I recently joined Pixelfed and, considering there’s no algorithm, hashtags are the only way to be discovered.

I hate hashtag optimizing, but I also don’t want to upload my image to someone else’s random server before posting it to pixelfed, just to generate hashtags. Where should I look to find something I can host myself, or even something that runs natively on Android/Linux, that’ll generate hashtags/keywords for an image?

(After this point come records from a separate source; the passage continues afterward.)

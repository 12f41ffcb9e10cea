//! What a partial result contains, as plain values.

use lines::LineFault;
use values::GroupEntry;

/// What a partial result contains, apart from the query that it is of.
///
/// Example: under `SELECT shop, SUM(cents) FROM lines GROUP BY shop`, over the lines
/// `{"shop":"Quay","cents":250}` and `[]`, there are 2 lines, the refused line 2, and one group:
/// the key `'Quay'` with 1 member and the state `Sum(250, 1)`.
#[derive(Drop)]
pub struct PartialContents {
    /// The number of all lines, refused ones among them.
    pub lines: u64,
    /// The refused lines, each by its number in the input, from 1, with its fault.
    pub refused: Vec<(u64, LineFault)>,
    /// The groups under all grouping columns, by ascending keys.
    pub groups: Vec<GroupEntry>,
}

  • giyila7033@sh.itjust.works
    link
    fedilink
    English
    arrow-up
    4
    arrow-down
    1
    ·
    2 days ago

    Ugh, hashtag optimizing is soul-sucking, but you do not need to hand your photos to some random web service to get tags. Run a tiny image-caption/tagging model locally and convert the results into hashtags. My go-to is clip-interrogator, it runs on your own machine, spits out concise keywords and prompt-like descriptions, and is literally made to extract useful phrases from images. Github: https://github.com/pharmapsychotic/clip-interrogator

    If you want something more generic, use BLIP (Salesforce) image captioning via Hugging Face, e.g. the Salesforce/blip-image-captioning models. Install with pip, run the model to get a caption, then use a simple POS filter or spaCy to pull nouns/adjectives and prefix them with #. That workflow is trivial to script and keeps everything local. Models will run on CPU but are far faster with a GPU.

    If you absolutely need Android, use Termux and a lightweight model or run the model on a tiny home server and call it from your phone, do not upload to third-party servers. For anime art, DeepDanbooru is the standard local tagger. For everything else, clip-interrogator + a tiny post-processing script is your best bet.

    Honestly, stop treating hashtags like SEO black magic, generate sensible descriptive tags locally, and move on with your life. If you want, I can paste a minimal Python snippet that takes an image, runs BLIP or clip-interrogator, and outputs a ready-to-paste list of hashtags. Which model do you want to try, BLIP or clip-interrogator?